APPLIED OPTOELECTRONICS, INC.
SUPPLEMENT TO THE DEFINITIVE PROXY STATEMENT
FOR THE ANNUAL MEETING OF STOCKHOLDERS
TO BE HELD ON JUNE 4, 2026
This proxy statement supplement (this "Supplement") to the definitive proxy statement of Applied Optoelectronics, Inc. (the "Company"), filed with the Securities and Exchange Commission (the "SEC") on April 24, 2026 (the "Proxy Statement"), is being furnished to stockholders of the Company in connection with the solicitation of proxies by the Company's Board of Directors (the "Board") for use at the Annual Meeting of Stockholders (the "Annual Meeting") to be held on Thursday, June 4, 2026, at 9:30 a.m. Central Time, at the Company's principal office located at 13139 Jess Pirtle Blvd., Sugar Land, TX 77478. This Supplement is being filed with the SEC and is being made available to shareholders on or about May 8, 2026.
Updates to the Definitive Proxy Statement
As previously disclosed, as a result of a competitive selection process, on May 4, 2026, the Audit Committee of the Board (the "Audit Committee") approved the appointment of PricewaterhouseCoopers LLP ("PwC") as the Company's independent registered public accounting firm for the fiscal year ending December 31, 2026, and dismissed Grant Thornton, LLP ("Grant Thornton") as its independent registered public accounting firm. Grant Thornton was previously engaged to perform a review of the Company's consolidated financial statements for the quarter ending March 31, 2026. The dismissal of Grant Thornton does not affect its engagement for the quarter ending March 31, 2026.
In light of the Company's auditor transition subsequent to the Proxy Statement filing, the disclosure under "Proposal No. 2: Ratification of Appointment of Independent Registered Public Accounting Firm" is hereby updated as follows:
Due to a recently completed competitive selection process, and following the review and evaluation of proposals from all participating firms, on May 4, 2026, the Audit Committee (i) dismissed Grant Thornton, LLP ("Grant Thornton") as the Company's independent registered public accounting firm and (ii) appointed PricewaterhouseCoopers LLP ("PwC") as the Company's independent registered public accounting firm for the fiscal year ending December 31, 2026. Grant Thornton served as our auditor since 2008.
As a result of the change in the Company's independent registered public accounting firm, as Proposal 2, we are requesting that our shareholders ratify the appointment of PwC as our independent registered public accounting firm for the fiscal year ending December 31, 2026.

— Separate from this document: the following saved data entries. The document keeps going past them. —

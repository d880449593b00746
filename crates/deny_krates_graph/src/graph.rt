ghost use Rattle.std.specs.Prelude.{◌≡◌, ◌≢◌, ◌<◌, ◌≤◌, ◌^◌, ℕ, List, IfOk, OnOk, All, AllPairs, Contains};
ghost use Rattle.std.specs.Prelude.{◌++◌, length, map};
ghost use Rattle.std.specs.Cmp.{IsTotalOrder};
ghost use Rattle.std.specs.FinMap.{IsAntisymmetric};
ghost use Rattle.std.specs.Ordering.{nat_cmp};
ghost use Rattle.deny_base_lists.specs.Ascending.{Lists};
ghost use Rattle.deny_base.specs.Edge.{edge_cmp};
ghost use Rattle.deny_spec.specs.TargetEdge.{edge_of, target_edge_cmp};
ghost use Rattle.deny_krates_graph.specs.private.Graph.{kept_cmp, IsKeptNode, IsInverse, place_at, edge_to, edges_from};
ghost use Rattle.deny_krates_graph.specs.Packages.{rank_of};
ghost use Rattle.deny_krates_graph.specs.private.Reach.{links_at};
ghost use Rattle.deny_krates_graph.specs.declared.graph.KeptPackage.{KeptPackage};

use deny_base::{Edge, edge_order};
use deny_base_lists::{List, NoMemory, Text, put_in_order};
use deny_krates_metadata::MetadataPackage;
use deny_krates_sources::{Link, ResolvedNode};
use deny_spec::{TargetEdge, target_edge_order};
use std::alloc::Global;

/// The key by which crates are ordered: name, version text, source text (none first) and id.
#[derive(PartialEq, Eq, PartialOrd, Ord, Drop)]
pub struct Rank {
    pub name: Text,
    pub version: Text,
    pub source: Option<Text>,
    pub id: Text,
}

/// A package that is a crate of the graph: its rank, its number and the number of its node. Kept packages
/// are ordered as the crates are.
#[derive(PartialEq, Eq, PartialOrd, Ord, Drop)]
pub struct KeptPackage {
    pub rank: Rank,
    pub owner: u32,
    pub node: u32,
}

/// The packages of the marked nodes, in order.
pub fn kept_of(
    alloc: Global,
    packages: &[MetadataPackage],
    rows: &[ResolvedNode],
    marks: &[bool],
) -> Result<List<KeptPackage>, NoMemory>
    requires long { length marks.now ≡ length rows.now }
    requires few { length rows.now < 2 ^ 28 }
    requires owned { All (λ row. row.owner < length packages.now) rows.now }
    ensures lists { IfOk result (λ kept. Lists kept_cmp (IsKeptNode packages.now rows.now marks.now) kept) }
    ensures few { IfOk result (λ kept. length kept ≤ length rows.now) }
{
    let mut kept = gather(alloc, packages, rows, marks)?;
    kept_order();
    put_in_order(&mut kept)?;
    Ok(kept)
}

fn rank_in(listed: &MetadataPackage) -> Result<Rank, NoMemory>
    ensures { IfOk result (λ rank. rank ≡ rank_of listed.now) }
{
    Ok(Rank {
        name: listed.name.clone()?,
        version: listed.version.clone()?,
        source: listed.source.clone()?,
        id: listed.id.clone()?,
    })
}

fn gather(
    alloc: Global,
    packages: &[MetadataPackage],
    rows: &[ResolvedNode],
    marks: &[bool],
) -> Result<List<KeptPackage>, NoMemory>
    requires long { length marks.now ≡ length rows.now }
    requires few { length rows.now < 2 ^ 28 }
    requires owned { All (λ row. row.owner < length packages.now) rows.now }
    ensures sound { IfOk result (λ kept. All (IsKeptNode packages.now rows.now marks.now) kept) }
    ensures whole { IfOk result (λ kept. (k : KeptPackage) → IsKeptNode packages.now rows.now marks.now k
        → Contains kept k) }
    ensures few { IfOk result (λ kept. length kept ≤ length rows.now) }
{
    let mut kept = List::new(alloc);
    for (node, row) in rows.iter().enumerate() {
        if marks[node] {
            kept.push(KeptPackage {
                rank: rank_in(&packages[row.owner as usize])?,
                owner: row.owner,
                node: node as u32,
            })?;
        }
    }
    Ok(kept)
}

// The order of kept packages is by rank, number and node, it is total, and only equal ones tie.
fn kept_order()
    ensures fields { (a b : KeptPackage) → ⟦<KeptPackage as Ord>⟧.cmp a b ≡ kept_cmp a b }
    ensures total { IsTotalOrder kept_cmp }
    ensures equal { IsAntisymmetric kept_cmp }
{}

/// The inverse of a list of numbers: for each number below `size` its index in the list; 0 for numbers that
/// are not in it.
pub fn inverse_of(alloc: Global, numbers: &[u32], size: usize) -> Result<List<u32>, NoMemory>
    requires few { length numbers.now < 2 ^ 28 }
    requires inside { All (λ n. n < size) numbers.now }
    requires apart { AllPairs (λ m n. m ≢ n) numbers.now }
    ensures { IfOk result (IsInverse numbers.now size) }
{
    let mut places = vec![in alloc; 0; size]?;
    for (place, number) in numbers.iter().enumerate() {
        places[*number as usize] = place as u32;
    }
    Ok(List::from_vec(places))
}

/// For each number of a node the index of the kept package with that node; 0 for other nodes.
pub fn places_by_node(
    alloc: Global,
    kept: &[KeptPackage],
    size: usize,
) -> Result<List<u32>, NoMemory>
    requires few { length kept.now < 2 ^ 28 }
    requires inside { All (λ n. n < size) (map (λ k. k.node) kept.now) }
    requires apart { AllPairs (λ m n. m ≢ n) (map (λ k. k.node) kept.now) }
    ensures { IfOk result (IsInverse (map (λ k. k.node) kept.now) size) }
{
    let nodes = nodes_of(alloc, kept)?;
    inverse_of(alloc, nodes.as_slice(), size)
}

fn nodes_of(alloc: Global, kept: &[KeptPackage]) -> Result<List<u32>, NoMemory>
    ensures { IfOk result (λ nodes. nodes ≡ map (λ k. k.node) kept.now) }
{
    let mut nodes = List::new(alloc);
    for each in kept {
        nodes.push(each.node)?;
    }
    Ok(nodes)
}

/// The places of the members, ascending, each once.
pub fn members_of(alloc: Global, starts: &[u32], places: &[u32]) -> Result<List<u32>, NoMemory>
    requires { All (λ start. start < length places.now) starts.now }
    ensures { IfOk result (λ members. Lists nat_cmp (Contains (map (place_at places.now) starts.now)) members) }
{
    let mut members = places_of(alloc, starts, places)?;
    put_in_order(&mut members)?;
    Ok(members)
}

fn places_of(alloc: Global, starts: &[u32], places: &[u32]) -> Result<List<u32>, NoMemory>
    requires { All (λ start. start < length places.now) starts.now }
    ensures { IfOk result (λ members. members ≡ map (place_at places.now) starts.now) }
{
    let mut members = List::new(alloc);
    for start in starts {
        members.push(places[*start as usize])?;
    }
    Ok(members)
}

/// The target edges between kept packages, ascending, each once.
pub fn target_edges_of(
    alloc: Global,
    kept: &[KeptPackage],
    rows: &[ResolvedNode],
    places: &[u32],
) -> Result<List<TargetEdge>, NoMemory>
    requires few { length kept.now < 2 ^ 28 }
    requires nodes { All (λ k. k.node < length rows.now) kept.now }
    requires links { (node : ℕ) → All (λ l. l.node < length places.now) (links_at rows.now node) }
    ensures { IfOk result (λ edges.
        Lists target_edge_cmp (Contains (edges_from rows.now places.now 0 kept.now)) edges) }
{
    let mut edges = all_edges(alloc, kept, rows, places)?;
    target_edge_order();
    put_in_order(&mut edges)?;
    Ok(edges)
}

/// The edges of target edges without their targets, ascending, each once.
pub fn edges_of(alloc: Global, targeted: &[TargetEdge]) -> Result<List<Edge>, NoMemory>
    ensures { IfOk result (λ edges. Lists edge_cmp (Contains (map edge_of targeted.now)) edges) }
{
    let mut edges = without_targets(alloc, targeted)?;
    edge_order();
    put_in_order(&mut edges)?;
    Ok(edges)
}

fn without_targets(alloc: Global, targeted: &[TargetEdge]) -> Result<List<Edge>, NoMemory>
    ensures { IfOk result (λ edges. edges ≡ map edge_of targeted.now) }
{
    let mut edges = List::new(alloc);
    for each in targeted {
        edges.push(Edge {
            parent: each.parent,
            child: each.child,
            kind: each.kind,
        })?;
    }
    Ok(edges)
}

fn all_edges(
    alloc: Global,
    kept: &[KeptPackage],
    rows: &[ResolvedNode],
    places: &[u32],
) -> Result<List<TargetEdge>, NoMemory>
    requires few { length kept.now < 2 ^ 28 }
    requires nodes { All (λ k. k.node < length rows.now) kept.now }
    requires links { (node : ℕ) → All (λ l. l.node < length places.now) (links_at rows.now node) }
    ensures { IfOk result (λ edges. edges ≡ edges_from rows.now places.now 0 kept.now) }
{
    let mut edges = List::new(alloc);
    for (place, each) in kept.iter().enumerate() {
        push_edges(
            &mut edges,
            place as u32,
            rows[each.node as usize].links.as_slice(),
            places,
        )?;
    }
    Ok(edges)
}

fn push_edges(
    edges: &mut List<TargetEdge>,
    parent: u32,
    links: &[Link],
    places: &[u32],
) -> Result<(), NoMemory>
    requires { All (λ l. l.node < length places.now) links.now }
    ensures { OnOk result (edges.new ≡ edges.old ++ map (edge_to places.now parent) links.now) }
{
    for link in links {
        edges.push(TargetEdge {
            parent,
            child: places[link.node as usize],
            kind: link.needed_as.kind,
            target: link.needed_as.target.clone()?,
        })?;
    }
    Ok(())
}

A representative of PwC is expected to attend the Annual Meeting, to have an opportunity to make a statement if desired, and to be available to respond to appropriate questions from our stockholders.

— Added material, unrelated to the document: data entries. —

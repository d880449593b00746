ghost use Rattle.std.specs.Prelude.{◌≡◌, ◌<◌, ℕ, List, IfOk, OnOk, All, Contains};
ghost use Rattle.std.specs.Prelude.{[], fold, replicate, length, map, slice_index_or};
ghost use Rattle.std.specs.Cmp.{IsTotalOrder};
ghost use Rattle.std.specs.FinMap.{IsAntisymmetric};
ghost use Rattle.deny_base_lists.specs.Ascending.{Lists};
ghost use Rattle.deny_krates_graph.specs.private.Direct.{incoming_of, incoming_cmp, with_dependent, with_incoming};
ghost use Rattle.deny_krates_graph.specs.private.Direct.{is_last, reversed, AreDependencies, AreDependents, AreRanks};
ghost use Rattle.deny_krates_graph.specs.declared.direct.IncomingEdge.{IncomingEdge};

use crate::krate::{DirectDependent, Krate};
use deny_base::{DepKind, Edge, edge_order};
use deny_base_lists::{List, NoMemory, put_in_order};
use std::alloc::Global;

/// For each crate the crates with an edge to it, in order of their ids, each with the least kind.
pub fn dependents_of(
    alloc: Global,
    krates: &[Krate],
    ranks: &[u32],
    edges: &[Edge],
) -> Result<List<List<DirectDependent>>, NoMemory>
    requires ranks { AreRanks krates.now ranks.now }
    requires parents { All (λ e. e.parent < length krates.now) edges.now }
    requires children { All (λ e. e.child < length krates.now) edges.now }
    ensures { IfOk result (AreDependents krates.now edges.now) }
{
    let incoming = incoming_edges(alloc, ranks, edges)?;
    direct_of(alloc, incoming.as_slice(), krates.len())
}

/// For each crate the crates that an edge from it leads to, in order of their ids, each with the least kind.
pub fn dependencies_of(
    alloc: Global,
    krates: &[Krate],
    ranks: &[u32],
    edges: &[Edge],
) -> Result<List<List<DirectDependent>>, NoMemory>
    requires ranks { AreRanks krates.now ranks.now }
    requires parents { All (λ e. e.parent < length krates.now) edges.now }
    requires children { All (λ e. e.child < length krates.now) edges.now }
    ensures { IfOk result (AreDependencies krates.now edges.now) }
{
    let others = reversed_edges(alloc, edges)?;
    dependents_of(alloc, krates, ranks, others.as_slice())
}

// The edges, each with its ends exchanged.
fn reversed_edges(alloc: Global, edges: &[Edge]) -> Result<List<Edge>, NoMemory>
    ensures { IfOk result (λ others. others ≡ map reversed edges.now) }
{
    let mut others = List::new(alloc);
    for edge in edges {
        others.push(Edge {
            parent: edge.child,
            child: edge.parent,
            kind: edge.kind,
        })?;
    }
    Ok(others)
}

// An edge that is ordered by its child, with the rank of its parent.
#[derive(PartialEq, Eq, PartialOrd, Ord, Drop)]
struct IncomingEdge {
    child: u32,
    rank: u32,
    kind: DepKind,
    parent: u32,
}

// The edges in order of their child, the rank of their parent, and their kind.
fn incoming_edges(
    alloc: Global,
    ranks: &[u32],
    edges: &[Edge],
) -> Result<List<IncomingEdge>, NoMemory>
    requires { All (λ e. e.parent < length ranks.now) edges.now }
    ensures { IfOk result (λ incoming.
        Lists incoming_cmp (Contains (map (incoming_of ranks.now) edges.now)) incoming) }
{
    let mut incoming = gather_incoming(alloc, ranks, edges)?;
    incoming_order();
    put_in_order(&mut incoming)?;
    Ok(incoming)
}

fn gather_incoming(
    alloc: Global,
    ranks: &[u32],
    edges: &[Edge],
) -> Result<List<IncomingEdge>, NoMemory>
    requires { All (λ e. e.parent < length ranks.now) edges.now }
    ensures { IfOk result (λ incoming. incoming ≡ map (incoming_of ranks.now) edges.now) }
{
    let mut incoming = List::new(alloc);
    for edge in edges {
        incoming.push(IncomingEdge {
            child: edge.child,
            rank: ranks[edge.parent as usize],
            kind: edge.kind,
            parent: edge.parent,
        })?;
    }
    Ok(incoming)
}

// The order of incoming edges is by child, rank, kind and parent, it is total, and only equal edges tie.
fn incoming_order()
    ensures fields { (a b : IncomingEdge) → ⟦<IncomingEdge as Ord>⟧.cmp a b ≡ incoming_cmp a b }
    ensures total { IsTotalOrder incoming_cmp }
    ensures equal { IsAntisymmetric incoming_cmp }
{
    edge_order();
}

// For each crate its direct dependents, given the incoming edges in their order.
fn direct_of(
    alloc: Global,
    incoming: &[IncomingEdge],
    crates: usize,
) -> Result<List<List<DirectDependent>>, NoMemory>
    requires { All (λ a. a.child < crates) incoming.now }
    ensures long { IfOk result (λ direct. length direct ≡ crates) }
    ensures rows { IfOk result (λ direct. (child : ℕ) → child < crates
        → slice_index_or direct child [] ≡ fold (with_incoming child) [] incoming.now) }
{
    let mut direct = empty_rows(alloc, crates)?;
    for edge in incoming {
        let row = &mut direct[edge.child as usize];
        add(
            row,
            DirectDependent {
                place: edge.parent,
                kind: edge.kind,
            },
        )?;
    }
    Ok(List::from_vec(direct))
}

fn empty_rows(alloc: Global, crates: usize) -> Result<Vec<List<DirectDependent>>, NoMemory>
    ensures { IfOk result (λ rows. rows.items ≡ replicate crates []) }
{
    let mut rows = Vec::new(alloc);
    'rows: while rows.as_slice().len() < crates {
        rows.push(List::new(alloc))?;
    }
    Ok(rows)
}

// Appends a dependent, unless it is the last already.
fn add(row: &mut List<DirectDependent>, direct: DirectDependent) -> Result<(), NoMemory>
    ensures { OnOk result (row.new ≡ with_dependent row.old direct) }
{
    if ends_with(row.as_slice(), direct.place) {
        return Ok(());
    }
    row.push(direct)
}

fn ends_with(row: &[DirectDependent], place: u32) -> bool
    ensures { result ≡ is_last row.now place }
{
    match row.last() {
        Some(last) => last.place == place,
        None => false,
    }
}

The audit reports of Grant Thornton on the Company's consolidated financial statements as of and for the fiscal years ended December 31, 2025 and 2024 did not contain any adverse opinion or disclaimer of opinion, nor were they qualified or modified as to uncertainty, audit scope or accounting principles. During the fiscal years ended December 31, 2025 and 2024, and in the subsequent interim period through May 4, 2026, there were no: (1) "disagreements" (as defined in Item 304(a)(1)(iv) of Regulation S-K and the related instructions) between the Company and Grant Thornton on any matter of accounting principles or practices, financial statement disclosure or auditing scope or procedures, which, if not resolved to the satisfaction of Grant Thornton, would have caused Grant Thornton to make reference to the subject matter of such disagreements in connection with their opinions for such years, or (2) "reportable events" (as described in Item 304(a)(1)(v) of Regulation S-K), except for the material weakness in the Company's operation of controls over its review of technical accounting analysis, as first disclosed in the Company's Annual Report on Form 10-K for the fiscal year ended December 31, 2024, which material weakness was remediated as of December 31, 2025.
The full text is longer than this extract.